*** Opening RECORD EXCERPTS ***
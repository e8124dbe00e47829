//! New areas, and areas that are changed; each is joined with its neighbours where they go on in
//! each other.

ghost use Rattle.std.specs.Prelude.{◌≡◌, ℕ, ◌-◌, ◌*◌, ◌+◌, ◌<◌, ◌≤◌, ◌⊎◌, Some, true, false};
ghost use Rattle.std.specs.Prelude.{if◌then◌else◌, option_map, IsSomeAnd, IfSome, OnOk, IfOk};
ghost use Rattle.av_vma.specs.Areas.{area_of};
ghost use Rattle.av_base.specs.Limits.{low_page, top_page};
ghost use Rattle.av_vma.specs.Index.{past_of};
ghost use Rattle.av_base.specs.Words.{within};
ghost use Rattle.av_vmatree.specs.Spans.{AreSpans, IsFree, area_at, is_page_taken};
ghost use Rattle.av_merge.specs.Changing.{effect_of};
ghost use Rattle.av_merge.specs.Mapping.{IsRemapped};
ghost use Rattle.av_merge.specs.Pages.{GoesTo, pages_by};
ghost use Rattle.av_vma.specs.Pages.{alters, fresh_area, joined_around, pages_changed};
ghost use Rattle.av_vma.specs.Pages.{part_changed, with_area, with_effect, after_map};
ghost use Rattle.av_merge.specs.Kin.{AreInOrder, StayKin, lengths};
ghost use Rattle.av_merge.specs.Process.{AreAreasOf, Stays, AreOfOne, StayOfOne, Becomes};

use crate::joining::{join_beside, join_part};
use crate::placing::{add, beside};
use crate::splitting::split_out;
use av_anon::Anons;
use av_base::{Flag, Flags, PAGE_SIZE, Prot};
use av_vma::{Area, AreaId, Areas};
use av_vmatree::Tree;
use std::alloc::AllocError;

/// Maps the pages from `from` to below `to`, which are free in the process, as one area without an
/// anon_vma, whose offset is its first page.
pub fn map(
    areas: &mut Areas,
    tree: &mut Tree,
    anons: &mut Anons,
    process: u16,
    from: u64,
    to: u64,
    prot: Prot,
    flags: Flags,
) -> Result<(), AllocError>
    requires order { AreInOrder areas.old anons.old }
    requires stands { AreAreasOf process (area_of areas.old) tree.old }
    requires some { from < to }
    requires low { low_page ≤ from }
    requires high { to ≤ top_page }
    requires free { IsFree (is_page_taken tree.old) from to }
    ensures stands { Stays process (area_of areas.old) (area_of areas.new) tree.new }
    ensures kin { OnOk result (StayKin areas.old anons.old areas.new anons.new) }
    ensures pages { OnOk result
        (Becomes areas.old tree.old areas.new tree.new
        (after_map (lengths areas.old anons.old) process from to prot flags)) }
{
    let area = Area {
        pid: process,
        start: PAGE_SIZE * from,
        end: PAGE_SIZE * to,
        prot,
        flags,
        pgoff: from,
        anon: None,
    };
    let (below, above) = beside(tree, from, to);
    let number = add(areas, tree, area)?;
    join_beside(areas, tree, anons, below, number, above, from, to)
}

/// What is said of an area's pages that can be changed.
#[derive(Clone, Copy, Drop, Debug, PartialEq, Eq)]
pub enum Change {
    /// The pages get this protection.
    Prot(Prot),
    /// The pages get the flag, or lose it.
    Flag(Flag, bool),
}

impl Change {
    /// Whether it makes the area another.
    fn alters(self, area: &Area) -> bool
        ensures { result ≡ alters (effect_of self) area.now }
    {
        match self {
            Change::Prot(prot) => prot != area.prot,
            Change::Flag(flag, set) => area.flags.with(flag, set) != area.flags,
        }
    }

    /// The area with the change.
    fn apply(self, area: Area) -> Area
        ensures { result ≡ with_effect (effect_of self) area }
    {
        match self {
            Change::Prot(prot) => Area { prot, ..area },
            Change::Flag(flag, set) => Area {
                flags: area.flags.with(flag, set),
                ..area
            },
        }
    }
}

/// Changes the pages from `from` to below `to` up to the first that isn't mapped, and tells that
/// one, else `to`.
///
/// An area that is so already is neither split nor joined (Linux's `vma_modify`).
pub fn modify(
    areas: &mut Areas,
    tree: &mut Tree,
    anons: &mut Anons,
    from: u64,
    to: u64,
    change: Change,
) -> Result<u64, AllocError>
    requires order { AreInOrder areas.old anons.old }
    requires stands { AreOfOne areas.old tree.old }
    requires forward { from ≤ to }
    ensures stands { StayOfOne areas.old tree.old areas.new tree.new }
    ensures kin { OnOk result (StayKin areas.old anons.old areas.new anons.new) }
    ensures reached { IfOk result (λ past. GoesTo (is_page_taken tree.old) from to past) }
    ensures pages { IfOk result (λ past. Becomes areas.old tree.old areas.new tree.new
        (pages_changed (lengths areas.old anons.old) (effect_of change) from (past - from))) }
    ensures mapping { IfOk result (λ past. IsRemapped from past (effect_of change)
        (pages_by (area_of areas.old) tree.old) (pages_by (area_of areas.new) tree.new)) }
{
    let mut page = from;
    while page < to {
        let Some(number) = tree.find(page) else {
            return Ok(page);
        };
        let area = areas.get(number);
        let past = to.min(area.end / PAGE_SIZE);
        if change.alters(&area) {
            modify_part(areas, tree, anons, number, page, past, change)?;
        }
        page = past;
    }
    Ok(to)
}

/// Changes every mapped page from `from` to below `to`, past those that aren't mapped too, and
/// tells the first of these, else `to` (Linux's `madvise_walk_vmas`).
pub fn modify_all(
    areas: &mut Areas,
    tree: &mut Tree,
    anons: &mut Anons,
    from: u64,
    to: u64,
    change: Change,
) -> Result<u64, AllocError>
    requires order { AreInOrder areas.old anons.old }
    requires stands { AreOfOne areas.old tree.old }
    requires forward { from ≤ to }
    ensures stands { StayOfOne areas.old tree.old areas.new tree.new }
    ensures kin { OnOk result (StayKin areas.old anons.old areas.new anons.new) }
    ensures reached { IfOk result (λ past. GoesTo (is_page_taken tree.old) from to past) }
    ensures pages { OnOk result (Becomes areas.old tree.old areas.new tree.new
        (pages_changed (lengths areas.old anons.old) (effect_of change) from (to - from))) }
    ensures mapping { OnOk result (IsRemapped from to (effect_of change)
        (pages_by (area_of areas.old) tree.old) (pages_by (area_of areas.new) tree.new)) }
{
    let first_hole = modify(areas, tree, anons, from, to, change)?;
    let mut page = first_hole;
    while page < to {
        let mapped = next_mapped(tree, page, to);
        page = modify(areas, tree, anons, mapped, to, change)?;
    }
    Ok(first_hole)
}

/// The first page from `from` on that is mapped, else `to`.
pub fn next_mapped(tree: &Tree, from: u64, to: u64) -> u64
    requires spans { AreSpans tree.now }
    requires forward { from ≤ to }
    ensures least { from ≤ result }
    ensures most { result ≤ to }
    ensures free { IsFree (is_page_taken tree.now) from result }
    ensures mapped { result < to → is_page_taken tree.now result ≡ true }
{
    if tree.find(from).is_some() {
        return from;
    }
    let (_, above) = tree.around(from);
    match above {
        Some(span) => to.min(span.from),
        None => to,
    }
}

/// Changes the pages from `from` to below `past`, all of one area that the change makes another,
/// and joins them with their neighbours.
///
/// What a split leaves of the area differs from them, so no boundary is tried there.
fn modify_part(
    areas: &mut Areas,
    tree: &mut Tree,
    anons: &mut Anons,
    area: AreaId,
    from: u64,
    past: u64,
    change: Change,
) -> Result<(), AllocError>
    requires order { AreInOrder areas.old anons.old }
    requires stands { AreOfOne areas.old tree.old }
    requires some { from < past }
    requires there { area_at tree.old from ≡ Some area }
    requires inside { IsSomeAnd (pages_by (area_of areas.old) tree.old from)
        (λ area. past ≤ past_of area) }
    requires altered { IsSomeAnd (pages_by (area_of areas.old) tree.old from)
        (λ area. alters (effect_of change) area ≡ true) }
    ensures stands { StayOfOne areas.old tree.old areas.new tree.new }
    ensures kin { OnOk result (StayKin areas.old anons.old areas.new anons.new) }
    ensures pages { OnOk result
        (Becomes areas.old tree.old areas.new tree.new
        (part_changed (lengths areas.old anons.old) from past (effect_of change))) }
    ensures mapping { OnOk result (IsRemapped from past (effect_of change)
        (pages_by (area_of areas.old) tree.old) (pages_by (area_of areas.new) tree.new)) }
{
    let whole = areas.get(area);
    let number = split_out(areas, tree, anons, area, from, past)?;
    let part = areas.get(number);
    areas.change(number, change.apply(part));
    let is_cut_below = whole.start / PAGE_SIZE < from;
    let is_cut_above = past < whole.end / PAGE_SIZE;
    join_part(areas, tree, anons, from, past, is_cut_below, is_cut_above)
}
*** Closing RECORD EXCERPTS ***
Print precisely the lines from the one with "The first page" through the end of the data above, adding nothing.

/// The first page from `from` on that is mapped, else `to`.
pub fn next_mapped(tree: &Tree, from: u64, to: u64) -> u64
    requires spans { AreSpans tree.now }
    requires forward { from ≤ to }
    ensures least { from ≤ result }
    ensures most { result ≤ to }
    ensures free { IsFree (is_page_taken tree.now) from result }
    ensures mapped { result < to → is_page_taken tree.now result ≡ true }
{
    if tree.find(from).is_some() {
        return from;
    }
    let (_, above) = tree.around(from);
    match above {
        Some(span) => to.min(span.from),
        None => to,
    }
}

/// Changes the pages from `from` to below `past`, all of one area that the change makes another,
/// and joins them with their neighbours.
///
/// What a split leaves of the area differs from them, so no boundary is tried there.
fn modify_part(
    areas: &mut Areas,
    tree: &mut Tree,
    anons: &mut Anons,
    area: AreaId,
    from: u64,
    past: u64,
    change: Change,
) -> Result<(), AllocError>
    requires order { AreInOrder areas.old anons.old }
    requires stands { AreOfOne areas.old tree.old }
    requires some { from < past }
    requires there { area_at tree.old from ≡ Some area }
    requires inside { IsSomeAnd (pages_by (area_of areas.old) tree.old from)
        (λ area. past ≤ past_of area) }
    requires altered { IsSomeAnd (pages_by (area_of areas.old) tree.old from)
        (λ area. alters (effect_of change) area ≡ true) }
    ensures stands { StayOfOne areas.old tree.old areas.new tree.new }
    ensures kin { OnOk result (StayKin areas.old anons.old areas.new anons.new) }
    ensures pages { OnOk result
        (Becomes areas.old tree.old areas.new tree.new
        (part_changed (lengths areas.old anons.old) from past (effect_of change))) }
    ensures mapping { OnOk result (IsRemapped from past (effect_of change)
        (pages_by (area_of areas.old) tree.old) (pages_by (area_of areas.new) tree.new)) }
{
    let whole = areas.get(area);
    let number = split_out(areas, tree, anons, area, from, past)?;
    let part = areas.get(number);
    areas.change(number, change.apply(part));
    let is_cut_below = whole.start / PAGE_SIZE < from;
    let is_cut_above = past < whole.end / PAGE_SIZE;
    join_part(areas, tree, anons, from, past, is_cut_below, is_cut_above)
}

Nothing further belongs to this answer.